WORK ITEM: Reproduce the entries below exactly, but only from the line containing "assert!(rt; locks.claim(session, 1, key)" to the line containing "assert!(rt; locks.start(2, 1, Upkeep::Rewrite) == Ok(()));", inclusive.

Records from a data collection:
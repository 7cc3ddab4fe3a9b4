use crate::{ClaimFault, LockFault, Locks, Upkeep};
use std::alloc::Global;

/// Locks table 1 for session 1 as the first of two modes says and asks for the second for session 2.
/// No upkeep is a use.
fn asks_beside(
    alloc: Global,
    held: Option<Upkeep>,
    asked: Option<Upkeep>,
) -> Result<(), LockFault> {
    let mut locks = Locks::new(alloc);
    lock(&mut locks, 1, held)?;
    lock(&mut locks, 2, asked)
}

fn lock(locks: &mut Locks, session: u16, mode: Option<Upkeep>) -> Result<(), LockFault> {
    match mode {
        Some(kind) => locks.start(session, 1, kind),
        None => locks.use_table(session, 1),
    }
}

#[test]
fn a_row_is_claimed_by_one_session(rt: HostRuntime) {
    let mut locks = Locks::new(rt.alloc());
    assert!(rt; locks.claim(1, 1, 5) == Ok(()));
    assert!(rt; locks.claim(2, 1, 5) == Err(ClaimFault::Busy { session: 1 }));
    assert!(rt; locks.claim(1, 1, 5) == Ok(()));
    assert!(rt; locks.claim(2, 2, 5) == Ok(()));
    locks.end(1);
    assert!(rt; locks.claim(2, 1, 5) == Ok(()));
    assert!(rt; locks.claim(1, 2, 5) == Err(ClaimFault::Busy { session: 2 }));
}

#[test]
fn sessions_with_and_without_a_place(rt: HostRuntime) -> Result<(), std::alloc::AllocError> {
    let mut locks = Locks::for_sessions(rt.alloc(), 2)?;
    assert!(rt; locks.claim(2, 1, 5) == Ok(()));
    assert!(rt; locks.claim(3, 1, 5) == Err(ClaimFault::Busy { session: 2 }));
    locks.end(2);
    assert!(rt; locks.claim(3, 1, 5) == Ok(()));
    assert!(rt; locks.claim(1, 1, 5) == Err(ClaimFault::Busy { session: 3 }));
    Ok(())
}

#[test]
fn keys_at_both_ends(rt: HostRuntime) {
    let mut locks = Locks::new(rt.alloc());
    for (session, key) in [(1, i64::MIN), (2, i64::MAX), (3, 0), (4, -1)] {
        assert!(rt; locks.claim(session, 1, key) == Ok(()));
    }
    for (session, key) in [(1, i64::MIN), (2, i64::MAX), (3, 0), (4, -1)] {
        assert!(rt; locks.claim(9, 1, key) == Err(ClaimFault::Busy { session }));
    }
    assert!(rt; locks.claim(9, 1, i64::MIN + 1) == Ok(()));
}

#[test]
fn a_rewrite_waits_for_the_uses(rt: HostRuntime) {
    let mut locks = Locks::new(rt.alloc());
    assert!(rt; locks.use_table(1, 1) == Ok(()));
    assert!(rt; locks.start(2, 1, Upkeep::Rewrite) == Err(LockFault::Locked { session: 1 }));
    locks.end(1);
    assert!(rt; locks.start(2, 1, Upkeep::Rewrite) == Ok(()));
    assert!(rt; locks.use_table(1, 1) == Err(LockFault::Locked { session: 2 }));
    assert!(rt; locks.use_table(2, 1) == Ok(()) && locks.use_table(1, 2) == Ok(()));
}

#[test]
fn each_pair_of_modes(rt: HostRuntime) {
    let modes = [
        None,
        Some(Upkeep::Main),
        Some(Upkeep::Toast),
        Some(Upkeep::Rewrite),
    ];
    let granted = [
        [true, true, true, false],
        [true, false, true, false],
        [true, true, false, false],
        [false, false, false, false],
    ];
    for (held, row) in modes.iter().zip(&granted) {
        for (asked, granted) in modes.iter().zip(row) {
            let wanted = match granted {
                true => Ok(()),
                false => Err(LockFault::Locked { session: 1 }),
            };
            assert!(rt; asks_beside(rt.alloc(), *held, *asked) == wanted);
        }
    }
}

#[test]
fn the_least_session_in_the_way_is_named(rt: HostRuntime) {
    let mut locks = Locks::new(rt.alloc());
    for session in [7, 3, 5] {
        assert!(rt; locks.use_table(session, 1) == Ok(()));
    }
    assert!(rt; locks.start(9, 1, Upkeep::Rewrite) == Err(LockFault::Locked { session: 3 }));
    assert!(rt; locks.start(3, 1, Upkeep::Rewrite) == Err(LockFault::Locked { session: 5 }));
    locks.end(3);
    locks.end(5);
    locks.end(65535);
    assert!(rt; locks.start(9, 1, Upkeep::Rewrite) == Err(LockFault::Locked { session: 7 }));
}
--
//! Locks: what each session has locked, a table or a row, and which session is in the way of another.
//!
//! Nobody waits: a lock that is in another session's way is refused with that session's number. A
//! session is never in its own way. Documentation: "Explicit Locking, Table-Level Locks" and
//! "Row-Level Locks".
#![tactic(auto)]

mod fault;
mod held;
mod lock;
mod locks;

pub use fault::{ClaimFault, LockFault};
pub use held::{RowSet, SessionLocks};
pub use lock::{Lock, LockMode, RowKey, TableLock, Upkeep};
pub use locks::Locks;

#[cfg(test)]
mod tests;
---
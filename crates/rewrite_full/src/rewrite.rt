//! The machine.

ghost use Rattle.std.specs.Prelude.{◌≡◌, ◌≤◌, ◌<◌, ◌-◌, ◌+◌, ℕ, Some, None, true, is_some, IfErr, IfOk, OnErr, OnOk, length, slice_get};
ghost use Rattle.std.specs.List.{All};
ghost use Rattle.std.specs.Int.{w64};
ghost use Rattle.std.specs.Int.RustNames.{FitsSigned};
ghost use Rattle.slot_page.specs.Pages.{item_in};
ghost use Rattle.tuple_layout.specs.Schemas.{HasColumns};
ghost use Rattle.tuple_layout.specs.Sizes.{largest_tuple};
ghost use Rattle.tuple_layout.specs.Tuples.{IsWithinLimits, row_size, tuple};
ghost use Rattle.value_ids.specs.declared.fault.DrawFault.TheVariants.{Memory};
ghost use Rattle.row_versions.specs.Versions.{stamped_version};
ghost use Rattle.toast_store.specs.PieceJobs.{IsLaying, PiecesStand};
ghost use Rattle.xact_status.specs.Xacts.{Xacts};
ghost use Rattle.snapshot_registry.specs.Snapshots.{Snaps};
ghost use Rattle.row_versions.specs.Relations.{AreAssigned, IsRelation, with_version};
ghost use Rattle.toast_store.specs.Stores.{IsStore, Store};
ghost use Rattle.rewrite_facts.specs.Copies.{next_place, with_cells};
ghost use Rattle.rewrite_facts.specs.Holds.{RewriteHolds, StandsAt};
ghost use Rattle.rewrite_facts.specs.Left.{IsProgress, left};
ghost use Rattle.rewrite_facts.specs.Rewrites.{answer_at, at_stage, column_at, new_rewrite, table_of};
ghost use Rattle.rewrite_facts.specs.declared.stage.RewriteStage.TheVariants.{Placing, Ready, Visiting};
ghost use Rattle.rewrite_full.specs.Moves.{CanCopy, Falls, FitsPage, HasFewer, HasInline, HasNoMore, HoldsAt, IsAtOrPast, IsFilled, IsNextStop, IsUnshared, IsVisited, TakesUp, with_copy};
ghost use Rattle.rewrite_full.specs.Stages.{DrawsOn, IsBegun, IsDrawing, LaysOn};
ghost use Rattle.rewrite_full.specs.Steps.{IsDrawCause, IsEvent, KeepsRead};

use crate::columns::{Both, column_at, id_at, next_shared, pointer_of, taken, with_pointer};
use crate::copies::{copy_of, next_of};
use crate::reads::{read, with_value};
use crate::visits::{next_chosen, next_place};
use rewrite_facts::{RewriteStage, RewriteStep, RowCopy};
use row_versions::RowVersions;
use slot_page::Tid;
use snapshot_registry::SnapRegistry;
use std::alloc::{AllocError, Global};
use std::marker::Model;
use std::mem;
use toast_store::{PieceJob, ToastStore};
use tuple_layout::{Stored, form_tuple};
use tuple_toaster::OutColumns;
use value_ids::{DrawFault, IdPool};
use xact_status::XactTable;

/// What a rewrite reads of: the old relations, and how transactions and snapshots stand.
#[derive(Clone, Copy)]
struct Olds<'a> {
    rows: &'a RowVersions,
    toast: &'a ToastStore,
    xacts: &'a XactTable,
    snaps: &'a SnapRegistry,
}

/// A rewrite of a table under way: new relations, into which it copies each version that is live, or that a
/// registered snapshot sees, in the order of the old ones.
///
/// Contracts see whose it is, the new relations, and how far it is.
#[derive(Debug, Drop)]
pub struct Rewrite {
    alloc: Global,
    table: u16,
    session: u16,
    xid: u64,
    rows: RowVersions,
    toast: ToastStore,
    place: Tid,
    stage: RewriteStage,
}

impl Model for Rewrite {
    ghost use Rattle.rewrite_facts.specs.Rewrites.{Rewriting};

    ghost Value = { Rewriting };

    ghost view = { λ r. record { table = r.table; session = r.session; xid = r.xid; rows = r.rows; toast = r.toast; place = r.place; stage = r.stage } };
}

YOUR SOLUTION:
        assert!(rt; locks.claim(session, 1, key) == Ok(()));
    }
    for (session, key) in [(1, i64::MIN), (2, i64::MAX), (3, 0), (4, -1)] {
        assert!(rt; locks.claim(9, 1, key) == Err(ClaimFault::Busy { session }));
    }
    assert!(rt; locks.claim(9, 1, i64::MIN + 1) == Ok(()));
}

#[test]
fn a_rewrite_waits_for_the_uses(rt: HostRuntime) {
    let mut locks = Locks::new(rt.alloc());
    assert!(rt; locks.use_table(1, 1) == Ok(()));
    assert!(rt; locks.start(2, 1, Upkeep::Rewrite) == Err(LockFault::Locked { session: 1 }));
    locks.end(1);
    assert!(rt; locks.start(2, 1, Upkeep::Rewrite) == Ok(()));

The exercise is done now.